可是他们遇到的是赵行,一个视钱财为粪土的汉子。
“收起你们的臭钱!若我赵行能够被收买,也就不用做这个捕快了。”赵行道,“孙梦舞的死,若与你们无关,我自然会还你们一个清白,若是你们脱不了干系,我一个个将你们全部抓进大牢!”
钱驸马冷冷一笑。
“既然如此,在下就不送了。”
在冰窖一无所获,赵行只得命人收队,离开了百花楼。
两个人才离开,李八娘扑腾一声跪倒在地上,“奴婢知罪,还请驸马爷责罚。”
钱驸马道:“李八娘啊李八娘,你何罪之有,何罪之有啊?”
这句话落入李八娘耳中,无异于一声晴天霹雳,她不断的磕头,“还请驸马爷救命。”
钱驸马道:“能不能救你命,得看明日大理寺审案的结果了。东西找到没有?”
李八娘颤颤巍巍道:“还在找。”
“以后这种擦屁股的事情,少来烦本驸马。”说罢,手持折扇,摔门而去,只留下李八娘一个人,跪在地上,不知心中想些什么。
……
“刚才你那句收回你们的臭钱,真有气魄,换作是我,没准就收下了。”
路上,范小刀满是钦佩之色。
赵行却满怀心事,“本来十拿九稳的事,没想到却扑了个空,若能找到天摩罗,说不定就能将他们定罪了。”
范小刀问,“会不会有人提前通风报信?”
搜查百花楼是临时起意,授权文书是赵行亲笔起草,除了一个书吏外,只有副总捕头杨得水知晓,赵行心中一凉,若真是如此,这个事可就要麻烦了。
范小刀道:“莫非杨大人与百花楼也有勾连?”
赵行道:“没有证据的话,最好不要乱说。”
……
次日清晨,两人刚到六扇门,就被喊到了诸葛贤余的公署。
房间内,除了诸葛贤余、杨得水外,还有提牢司、稽查司等各司的郎中,也都正襟危坐,注视着二人。
连坐第二把交椅的副总捕头宋新生也在,这位宋大人年事已高,平日里不问门内事务,常年处于养病状态,范小刀也是头一次看到他,刚来六扇门时,他认识的那个门房宋飞,正是他的亲侄。

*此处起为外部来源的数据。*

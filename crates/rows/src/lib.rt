// What is read of a store whose head is in order: the row of a split, by its number or by its place in
// a tree, the fields of a row, where the chain of a place starts, and the masks and lengths of a tree.
//
// Its contracts cite crate layout, `specs/Store.antt`.
#![tactic(auto)]

ghost use Rattle.std.specs.Prelude.{◌≡◌, true, ◌++◌, ◌+◌, ◌≤◌, ◌<◌, length, get_or, drop};
ghost use Rattle.std.proofs.Math.Option.{none};
ghost use Rattle.trees.specs.Opening.{tree_bytes};
ghost use Rattle.trees.specs.Whole.{good_length};
ghost use Rattle.doubles.specs.Stored.{branch_given};
ghost use Rattle.head.specs.Head.{numbers_at};
ghost use Rattle.layout.specs.Store.{tree_from, trees_held_at, splits_held_at, mask_at, identifier_at, count_at, link_at, start_at, order_at, list_at, tree_at, branches_at, most_splits};
ghost use Rattle.layout.specs.WholeFacts.{HeadAt};
ghost use Rattle.rows.specs.Rows.{RowsAt};

use answers::{Split, Tree};

// The row of split number k.
pub fn row_of(s: &[u8], k: Split) -> usize
    requires head_at { HeadAt s.now }
    requires k_bound { k.0 < splits_held_at s.now }
    ensures { result ≡ order_at s.now k.0 }
{
    layout::number16(s, layout::order_from(s) + 2 * k.0)
}

// The mask of the split in a row.
pub fn mask_at(s: &[u8], row: usize) -> u64
    requires head_at { HeadAt s.now }
    requires row_bound { row < splits_held_at s.now }
    ensures { result ≡ mask_at s.now row }
{
    fields::get64(s, layout::masks_from(s) + 8 * row)
}

// The identifier of the split in a row.
pub fn identifier_at(s: &[u8], row: usize) -> u64
    requires head_at { HeadAt s.now }
    requires row_bound { row < splits_held_at s.now }
    ensures { result ≡ identifier_at s.now row }
{
    fields::get64(s, layout::identifiers_from(s) + 8 * row)
}

// The count of the split in a row.
pub fn count_at(s: &[u8], row: usize) -> usize
    requires head_at { HeadAt s.now }
    requires row_bound { row < splits_held_at s.now }
    ensures { result ≡ count_at s.now row }
{
    fields::get32(s, layout::counts_from(s) + 4 * row) as usize
}

// The link of the split in a row.
pub fn link_at(s: &[u8], row: usize) -> usize
    requires head_at { HeadAt s.now }
    requires row_bound { row < splits_held_at s.now }
    ensures { result ≡ link_at s.now row }
{
    layout::number16(s, layout::links_from(s) + 2 * row)
}

// Where the chain of place p starts.
pub fn start_at(s: &[u8], p: usize) -> usize
    requires head_at { HeadAt s.now }
    requires p_bound { p < (numbers_at s.now).places }
    ensures { result ≡ start_at s.now p }
{
    layout::number16(s, layout::places_from(s) + 2 * p)
}

// Where tree i begins, 128 bytes of which are lent.
pub fn tree_from(s: &[u8], i: Tree) -> usize
    requires head_at { HeadAt s.now }
    requires i_bound { i.0 < trees_held_at s.now }
    ensures value { result ≡ tree_from (numbers_at s.now) i.0 }
    ensures tree_bytes_in_bounds { result + tree_bytes ≤ length s.now }
{
    layout::tree_from(s, i)
}

// How many splits tree i has.
pub fn splits_in(s: &[u8], i: Tree) -> usize
    requires head_at { HeadAt s.now }
    requires i_bound { i.0 < trees_held_at s.now }
    ensures { result ≡ length (list_at s.now i.0) }
{
    layout::number16(s, tree_from(s, i))
}

// The row of the split that stands in place j of tree i, which begins at `from`.
pub fn row_in(s: &[u8], i: Tree, from: usize, j: usize) -> usize
    requires head_at { HeadAt s.now }
    requires i_bound { i.0 < trees_held_at s.now }
    requires from_value { from ≡ tree_from (numbers_at s.now) i.0 }
    requires j_in_bounds { j < length (list_at s.now i.0) }
    requires j_lt_most_splits { j < most_splits }
    ensures { result ≡ get_or (list_at s.now i.0) j 0 }
{
    layout::number16(s, from + 2 + 2 * j)
}

// The length of the split that stands in place j of tree i, where lengths are kept.
pub fn length_in(s: &[u8], i: Tree, j: usize) -> Option<f64>
    requires head_at { HeadAt s.now }
    requires i_bound { i.0 < trees_held_at s.now }
    requires j_in_bounds { j < length (branches_at s.now i.0) }
    requires j_lt_most_splits { j < most_splits }
    requires none_value { good_length (get_or (branches_at s.now i.0) j none) ≡ true }
    ensures { branch_given result ≡ get_or (branches_at s.now i.0) j none }
{
    doubles::get_length(s, layout::lengths_from(s, i) + 8 * j)
}

// Copies the masks of tree i to the front of a buffer.
pub fn copy_tree(s: &[u8], i: Tree, masks: &mut [u64])
    requires head_at { HeadAt s.now }
    requires i_bound { i.0 < trees_held_at s.now }
    requires rows_at { RowsAt s.now i.0 }
    requires i_in_bounds { length (list_at s.now i.0) ≤ length masks.old }
    ensures { masks.new ≡ tree_at s.now i.0 ++ drop (length (list_at s.now i.0)) masks.old }
{
    let from = tree_from(s, Tree(i.0));
    let first = layout::masks_from(s);
    let n = layout::number16(s, from);
    for j in 0..n {
        let row = row_in(s, Tree(i.0), from, j);
        masks[j] = fields::get64(s, first + 8 * row);
    }
}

赵行道:“总捕头,您不是去保定参加猪崽宴了吗,怎么这么快就回来了?”
杨得水呵斥道,“还不是你们干的好事!害得总捕头连口热乎饭都没吃上,就连夜赶回来了。”
赵行担心的事终于发生。
原来,赵行昨夜离开之后,不到半个时辰,六扇门赵行大闹百花楼之事,在京城内传得沸沸扬扬,什么狮子大开口,索贿千两白银等等,在坊间流传,弄得六扇门很是被动。
今天一早,刑部就收到了太平公主的手谕,询问昨夜之事,甚至质问“六扇门究竟是朝廷的六扇门,还是某些人泄私欲的工具”,并且对这件事表示密切关注,要求严惩作恶的凶手云云。

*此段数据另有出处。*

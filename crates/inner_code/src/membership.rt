// Membership of a word in as many steps as the code has rows.
ghost use Rattle.std.specs.Prelude.{◌≡◌, min};
ghost use Rattle.bits.specs.Window.{at};
ghost use Rattle.inner_code.specs.Reduction.{reduced_by};

// What is left of a word after it is reduced by the first `count` rows of `basis` in turn; a count above 11 counts as 11. With
// the echelon form of a sheet's k rows (`check_into`) and the count k, 0 is left exactly of a codeword.
pub fn residue(basis: &[u16; 11], count: usize, word: u16) -> u16
    ensures { result ≡ reduced_by (at basis.now) (min count 11) word }
{
    let mut left = word;
    for i in 0..count.min(11) {
        left = left.min(left ^ basis[i]);
    }
    left
}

诸葛贤余道:“赵行、范小刀,你们二人讲昨夜之事情,一五一十跟各位大人道来,我们商议后再做定夺。”
两人将昨夜之事说给众人。
听完两人汇报之后,宋副总捕头道,“这两人也是依照章程办案,其中并无逾越之处,至于索贿之事,多是诬告之举,我看就这么回复太平公主吧。”
杨得水道:“宋大人,您这是糊涂啊。”
宋新生虽坐六扇门第二把交椅,可年事已高,杨得水不会将他放在眼中,说话自然也不客气,道:“赵、范二人昨夜闹得可是百花楼,是太平公主的产业,既然没有搜到证据,这摆明了是要咱们给个交代啊。”又道,“赵行,你说怎么办?”
宋新生道:“我与诸葛大人不在,那搜查单还不是你签的?若是真要问责,怕是你也脱不了干系。”
杨得水道,“昨日我就劝赵捕头三思而行,可他却不肯听。他在我房内立下军令状,是否拿出来让各位大人传阅一番?”
“不必了!”赵行道,“一人做事一人当,这个案子是我擅作主张,与他人无关。”
杨得水不依不饶,“一句与他人无关,就能解决问题?你率人查封百花楼,一举一动,代表地是我们六扇门,是朝廷的法度,这件事不是你说抗就能抗下的。”
众人陷入争议之中。
有人主张既然搜查程序合法,那就据理力争,也有人认为,六扇门衙门太小,得罪了太平公主不是什么好事。最终,诸葛贤余发话,“取消赵行红衣捕头之职,暂停其职务,等待接受调查。至于范小刀,只是个杂役,罚俸仨月。”
赵行见大局已定,交出捕快令牌,摘下了方帽。
“散会!”
诸葛贤余一声令下,众人纷纷离开,唯独将赵行、范小刀留了下来。
赵行道:“总捕头,是我们办事鲁莽。”
诸葛贤余道:“不,你们的怀疑不无道理。除了手谕,太平公主还托人捎了一句话。”
“什么话?”
“要求尽快将卷宗交给大理寺,给疑犯蓝知礼定成死罪,尽快了解此案。本来一个歌姬的死,又不是多大的事,却惊动了公主、大理寺,托关系送条`子,所以,这个案子,定有蹊跷。”诸葛贤余道,“明日,这个案子将由顺天府、刑部、大理寺会审,只有一天时间了。”
“大人尽管吩咐。”
诸葛贤余道:“继续查。身为六扇门捕快,若不能查个水落石出,我们白白食了朝廷的俸禄。”